Multi-Dimensional Aggregation¶
Aggregate cost-per-view across two dimensions (item and time-of-day) from CSV data, the kind of multi-dimensional rollup you constantly build in feature engineering pipelines.
Problem¶
Given two CSV files:
times.csv: named time windows (e.g., Morning, Afternoon, Prime) with start/end timesdata.csv: transaction records with timestamp, item ID, cost, and output (views)
Produce two summaries:
- Cost per view by item, total cost / total views for each item
- Cost per view by time window and date, the same metric grouped by (time window, date)
No external libraries allowed beyond the standard library.
times.csv
"Start","End","Name"
"6:00 AM","12:00 PM","Morning"
"12:00 PM","4:00 PM","Afternoon"
"3:00 PM","8:00 PM","Prime"
data.csv
"Date","Time","Item","Cost","Output"
"01/02/2016","8:30 AM","ITEM001",120.50,100
"01/02/2016","11:30 AM","ITEM001",240.50,110
"01/02/2016","3:30 PM","ITEM002",500,80
...
Approach¶
- Parse the time windows into
(start, end, name)tuples so we can match any timestamp to its window. - Stream through the data rows. For each row, parse its time, find the matching window, then accumulate cost and views into two separate groupings.
- Use a helper class (
CostCounter) to track running totals and compute cost-per-view on demand. This avoids a second pass over the data.

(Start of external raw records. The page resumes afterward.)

//! The judge that looks only at what a move changes.

ghost use Rattle.std.specs.Prelude.{◌≡◌, IfOk, IsTrue};
ghost use Rattle.vr_model.specs.routes.Rules.{is_valid};
ghost use Rattle.vr_model.specs.tables.Tables.{visits};
ghost use Rattle.vr_model.specs.tables.WellFormed.{IsWellFormed};
ghost use Rattle.vr_routes.specs.Judging.{HasCommitted};

use crate::costs::Costs;
use crate::filters::{Filters, filters_of};
use crate::judging::Judging;
use crate::try_both::try_both;
use std::alloc::Global;
use std::sync::ledger::Ledger;
use vr_model::{Closed, Model as RoutingModel, Move, NoMemory, Steps};
use vr_plan::Lookups;
use vr_routes::{Change, Judge, Routes, Verdict};

/// Judges a move by what it changes: filters refuse it (`LocalSearchFilterManager` in OR-Tools), and parts of the cost
/// tell its difference. It counts no questions.
///
/// Of steps it counts at most the weight that the definitions give the change, summed over the dimensions. Filters do
/// not walk what lies before and after the changed stretch of a route.
///
/// Parts of the cost count no steps. If a schedule may cost anything, they go along the whole list of a vehicle in
/// these cases:
///
/// - the vehicle has breaks;
/// - a stop allows several runs of cumuls;
/// - the vehicle chooses its tight schedule, soft bounds may cost anything, and its end is at another cumul than
///   before.
///
/// A judged move takes memory only in these cases:
///
/// - a set of cumuls has more than four runs;
/// - a list is longer than any before;
/// - its vehicle has breaks;
/// - a tight schedule is built, for which a line is copied.
#[derive(Drop)]
pub struct FilterJudge<'m> {
    // in a box, so that who owns a judge moves and drops one pointer
    judging: Box<Judging<'m, Filters<'m>>>,
}

impl<'m> FilterJudge<'m> {
    /// A judge that has committed the lists of these routes, which are valid. The only refusal is want of memory. Tests
    /// and benches open it so; `vr_app` has looked the model up already and calls [`FilterJudge::over`].
    pub fn open(
        alloc: Global,
        model: &'m RoutingModel,
        routes: &Routes,
    ) -> Result<FilterJudge<'m>, NoMemory>
        requires well_formed { IsWellFormed model.now }
        requires of_model { routes.now.visits ≡ visits model.now }
        requires valid { IsTrue (is_valid model.now routes.now.lists) }
        ensures model { IfOk result (λ judge. ⟦<FilterJudge<'static> as Judge>⟧.model judge ≡ model.now) }
        ensures holds { IfOk result (λ judge.
            HasCommitted model.now (⟦<FilterJudge<'static> as Judge>⟧.committed judge) routes.now) }
    {
        let lookups = Lookups::open(alloc, Closed { model })?;
        FilterJudge::over(alloc, &lookups, routes)
    }

    /// The same, over what was looked up of the model.
    pub fn over(
        alloc: Global,
        lookups: &Lookups<'m>,
        routes: &Routes,
    ) -> Result<FilterJudge<'m>, NoMemory>
        requires of_model { routes.now.visits ≡ visits lookups.now.closed.model.now }
        requires valid { IsTrue (is_valid lookups.now.closed.model.now routes.now.lists) }
        ensures model { IfOk result (λ judge.
            ⟦<FilterJudge<'static> as Judge>⟧.model judge ≡ lookups.now.closed.model.now) }
        ensures holds { IfOk result (λ judge. HasCommitted lookups.now.closed.model.now
            (⟦<FilterJudge<'static> as Judge>⟧.committed judge) routes.now) }
    {
        let filters = filters_of(alloc, lookups, routes);
        let costs = Costs::over(alloc, lookups, routes);
        let (filter, costs) = try_both(filters, costs)?;
        let judging = Judging {
            model: lookups.closed.model,
            filter,
            costs,
        };
        Ok(FilterJudge {
            judging: Box::new(alloc, judging)?,
        })
    }

    /// Lets the judge go. Who drops it instead must prove that all it holds can be dropped.
    pub fn close(self) {}
}

impl<'m> Judge for FilterJudge<'m> {
    ghost model = { λ judge. ⟦<Judging<'static, Filters<'static>> as Judge>⟧.model judge.judging.value };

    ghost committed = { λ judge. ⟦<Judging<'static, Filters<'static>> as Judge>⟧.committed judge.judging.value };

    ghost asked = { λ judge. 0 };

    ghost looked = { λ judge. 0 };

    ghost weight = { λ judge. ⟦<Judging<'static, Filters<'static>> as Judge>⟧.weight judge.judging.value };

    fn routing_model(&self) -> &RoutingModel {
        self.judging.routing_model()
    }

    #[inline]
    fn least_difference(&mut self, routes: &Routes, mv: Move, change: &Change) -> i64 {
        self.judging.least_difference(routes, mv, change)
    }

    #[inline(always)]
    fn first_below(
        &mut self,
        routes: &Routes,
        mv: Move,
        from: u32,
        end: u32,
        bound: i64,
    ) -> Option<u32> {
        self.judging.first_below(routes, mv, from, end, bound)
    }

    fn judge_change<L: Ledger>(
        &mut self,
        routes: &Routes,
        mv: Move,
        change: &Change,
        steps: &mut Steps<L>,
    ) -> Result<Verdict, NoMemory> {
        self.judging.judge_change(routes, mv, change, steps)
    }

    fn commit_change(
        &mut self,
        routes: &mut Routes,
        mv: Move,
        change: &Change,
    ) -> Result<(), NoMemory> {
        self.judging.commit_change(routes, mv, change)
    }
}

This is essentially a manual GROUP BY with two different key expressions, something pandas handles in one line, but implementing it from scratch shows you understand the underlying mechanics.
Implementation¶
import csv
from datetime import datetime
from collections import namedtuple
ROTATIONS_FILE_PATH = 'rotations.csv'
SPOTS_FILE_PATH = 'spots.csv'
Rotation = namedtuple('Rotation', ['start', 'end', 'name'])
class CostCounter:
def __init__(self):
self.total_cost = 0.0
self.total_views = 0
def add_spot(self, spot):
self.total_cost += float(spot['Cost'])
self.total_views += int(spot['Output'])
@property
def cost(self):
return self.total_cost / self.total_views if self.total_views else float('inf')
def load_csv_data(file_path):
with open(file_path, mode='r', newline='', encoding='utf-8') as file:
return list(csv.DictReader(file))
def parse_time(time_str):
return datetime.strptime(time_str, '%I:%M %p').time()

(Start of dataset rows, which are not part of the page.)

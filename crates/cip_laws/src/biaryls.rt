// Ends of biaryl axes.
ghost use Rattle.cip_laws.specs.BiarylLaws.{DelocalisedAtomsAreEnds};

/// A drawn atom whose double bond has another position, beside a single bond in no ring, is an end of a biaryl axis: that
/// it has three bonds, one of them multiple, and two neighbours beside the other end follows.
pub fn delocalised_atoms_are_ends()
    ensures { DelocalisedAtomsAreEnds }
{}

def get_rotation(time, rotations):
for rotation in rotations:
if rotation.start <= time <= rotation.end:
return rotation.name
return None
def calculate_cost_metrics(spots, rotations):
cost_by_item = {}
cost_by_rotation_day = {}
for spot in spots:
spot['Rotation'] = get_rotation(parse_time(spot['Time']), rotations)
item = spot['Item']
rotation_day_key = (spot['Rotation'], spot['Date'])
cost_by_item.setdefault(item, CostCounter()).add_spot(spot)
cost_by_rotation_day.setdefault(rotation_day_key, CostCounter()).add_spot(spot)
return cost_by_item, cost_by_rotation_day
def main():
rotations = [Rotation(parse_time(rot['Start']), parse_time(rot['End']), rot['Name'])
for rot in load_csv_data(ROTATIONS_FILE_PATH)]
spots = load_csv_data(SPOTS_FILE_PATH)
cost_by_item, cost_by_rotation_day = calculate_cost_metrics(spots, rotations)
print({k: v.cost for k, v in cost_by_item.items()})
print({k: v.cost for k, v in cost_by_rotation_day.items()})
if __name__ == "__main__":
main()
Output:
{'ITEM001': 2.8096153846153844, 'ITEM002': 3.404255319148936}
{('Morning', '01/02/2016'): 1.719..., ('Afternoon', '01/02/2016'): 4.642..., ...}
Complexity¶
- Time: O(n * m) where n = data rows and m = time windows (linear scan per row to match window)
- Space: O(k) where k = number of unique group keys
Takeaway¶
Building a GROUP BY from scratch clarifies what pandas does under the hood. It's also the right move when you need a lightweight, dependency-free computation in a Lambda or edge deployment where pulling in pandas isn't worth it.